Many elected officials in Topeka and Washington say that affordable health care is one of their top priorities. Each session, special interest groups who want coverage for specific services approach lawmakers. They ask that laws be written that require every insurance company to include a specific service in all their contracts. These are called mandated benefits.
When federal or state legislation requires that specific benefits or services be added to all health insurance plans, premiums will go up. It’s that simple.
Mandated benefits force costs up for two reasons. First, everyone’s premium increases to cover the cost of providing the new service. Second, history shows that the demand for a service increases dramatically once it becomes available to everyone. When patient demand for services increase, the cost of coverage goes up, too.
In trying to increase benefits for a certain group of people, well-intentioned lawmakers actually raise the cost of health insurance for everyone. When costs rise, many people can no longer afford health insurance at all. National research applied to Kansas suggests that for each 1 percent increase in the cost of health insurance, 3,000 Kansans drop their coverage because it becomes unaffordable.

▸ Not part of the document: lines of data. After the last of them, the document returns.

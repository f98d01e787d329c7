// A record of a node of modules that agree.
ghost use Rattle.std.specs.Prelude.{◌<◌, length, map, All, IfOk};
ghost use Rattle.circus_collate.specs.Deployment.{IsDeployment};
ghost use Rattle.circus_model.specs.Agree.{Agree};
ghost use Rattle.circus_model.specs.Behaviour.{behaviours};
ghost use Rattle.circus_node.specs.Booting.{AreOfTroupes};
ghost use Rattle.circus_verdict.specs.Verdict.{IsVerdict};
ghost use Rattle.circus_verdict.specs.Seen.Living.{MayCome};
ghost use Rattle.circus_verdict.specs.Seen.Judging.{FewRuns, MaySay};

use crate::Verdict;
use crate::member::audit_member;
use crate::ring::audit_ring;
use crate::shape::{is_begun, joins_so};
use circus_audit::Given;
use circus_collate::Deployment;
use circus_model::Module;
use circus_node::home_of;
use circus_value::NoMemory;
use circus_world::is_spare;
use std::alloc::Global;

/// What is said of a record of a node of a program with these modules.
pub(crate) fn audit_node<M: Module>(
    alloc: Global,
    given: &Given,
    deployment: &Deployment,
    modules: &[M],
) -> Result<Verdict, NoMemory>
    requires deployment { IsDeployment deployment.now }
    requires modules { AreOfTroupes deployment.now (map M.declared modules.now) }
    requires agree { Agree (behaviours M.declared M.turn M.first modules.now) }
    requires within { given.now.node < length deployment.now.nodes }
    requires come { All (MayCome deployment.now given.now.node) given.now.events }
    requires few { FewRuns given.now.member }
    requires says { MaySay deployment.now
        (behaviours M.declared M.turn M.first modules.now) given.now }
    ensures { IfOk result
        (IsVerdict deployment.now
        (behaviours M.declared M.turn M.first modules.now) given.now) }
{
    let Some((boot, later)) = given.events.as_slice().split_first() else {
        return Ok(Verdict::NotARun);
    };
    if !is_begun(boot, later) {
        return Ok(Verdict::NotARun);
    }
    if !joins_so(is_spare(deployment, given.node), later) {
        return Ok(Verdict::NotARun);
    }
    match home_of(alloc, deployment, given.node)? {
        Some(home) => audit_member(alloc, given, boot, later, deployment, modules, &home),
        None => audit_ring(alloc, given, boot, later, deployment),
    }
}
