// It has answered the member's Join.
fn take_in<M: Module>(performer: &mut Performer<M>, request: Request, table: &Table)
    ensures { performer.new
        ≡ record performer.old { kept = step.kept_by_table performer.old.kept request table.now } }
{
    if let Request::Join(_, _) = request {
        performer.take_in(table);
    }
}
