//! What bars each move, with a rule taken away.

ghost use Rattle.std.specs.Option.{option_copied};
ghost use Rattle.std.specs.Prelude.{◌≡◌, find, None};
ghost use Rattle.cf_bind.specs.declared.moves.Move.TheVariants as mv;
ghost use Rattle.cf_semantics.specs.moves.Bars.{first_bar_of as first_bar_of, entry_bar as bar_of_entry, is_full as is_full_cell, row_bar};
ghost use Rattle.cf_semantics.specs.moves.Instructions.{is_memory as loads_or_stores, is_serial as needs_machine};
ghost use Rattle.cf_semantics.specs.state.Layouts.{port as port_of};
ghost use Rattle.order_model.specs.RuleBars.{row_bar_without, bar_without, lane_room as room_of, exit_op_bar_without, source_bar_under};
ghost use Rattle.order_model.specs.Situations.{in_memory};

use crate::Rule;
use crate::siding_ops::last_op;
use crate::situation::Situation;
use cf_bind::{Bar, Cell, Fetch, Guess, Move, Passenger};
use cf_layout::LooseLayout;
use cf_passengers::loose::{launches, recovers, stops_at};
use cf_passengers::{first_missing, kind, may_guess, requests};
use mem_regions::Regions;
use order_rules::kept;
use rv_inst::Class;

/// The first test that holds, with its bar.
#[inline(always)]
fn first_row(rows: &[(bool, Bar)]) -> Option<&(bool, Bar)>
    ensures { option_copied result ≡ find (λ row. row.0) rows.now }
{
    rows.iter().find(|row| row.0)
}

/// The bar of the first test that holds.
#[inline(always)]
#[tactic(auto, using(crate::proofs::FirstTest::finding))]
fn first_of(rows: &[(bool, Bar)]) -> Option<Bar>
    ensures { result ≡ first_bar_of rows.now None }
{
    match first_row(rows) {
        Some(row) => Some(row.1),
        None => None,
    }
}

/// Whether both are there, and have not met.
#[inline(always)]
fn is_full(cell: &Cell) -> bool
    ensures { result ≡ is_full_cell cell.now }
{
    cell.passenger.is_some() && cell.packet.is_some() && !cell.met
}

#[inline(always)]
pub(crate) fn is_memory(class: Class) -> bool
    ensures { result ≡ loads_or_stores class }
{
    matches!(class, Class::Memory)
}

#[inline(always)]
fn is_serial(class: Class) -> bool
    ensures { result ≡ needs_machine class }
{
    matches!(class, Class::Serial)
}

/// The number of the siding for loads and stores.
#[inline(always)]
#[tactic(auto, unfolding(cf_semantics::specs::state::Layouts::port))]
pub(crate) fn port(layout: &LooseLayout) -> usize
    ensures { result ≡ port_of layout.now }
{
    match layout.siding_of(Class::Memory) {
        Some(k) => k as usize,
        None => 0,
    }
}

/// How many requests the lane can hold; without its rule at least two for each stage.
#[inline(always)]
fn lane_room(away: Option<Rule>, layout: &LooseLayout) -> u32
    ensures { result ≡ room_of away layout.now }
{
    if kept(away, Rule::IssueLaneFull) {
        layout.lane()
    } else {
        layout.lane().max(2 * layout.stages())
    }
}

/// The bar of the first source without a value, if the rule is kept.
#[inline(always)]
fn source_bar(keeps: bool, passenger: &Passenger) -> Option<Bar>
    ensures { result ≡ source_bar_under keeps passenger.now None }
{
    if keeps {
        first_missing(passenger).map(Bar::SourceMissing)
    } else {
        None
    }
}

Elected officials and government regulators can negatively impact health care costs in other ways. For example, health insurers had to spend millions of dollars to comply with such acts as the Health Insurance Portability and Accountability Act (HIPAA) or patient protection legislation. This is true for a company like ours that already has extensive safeguards in place to protect our members’ privacy and to ensure efficiency.
We spent more than $15 million to comply with certain sections of HIPAA that required major changes to our computer systems and operating procedures. The end result is that we are doing the same activities, but in a different way. Our members received little or no additional value from these changes, but shared in the expense.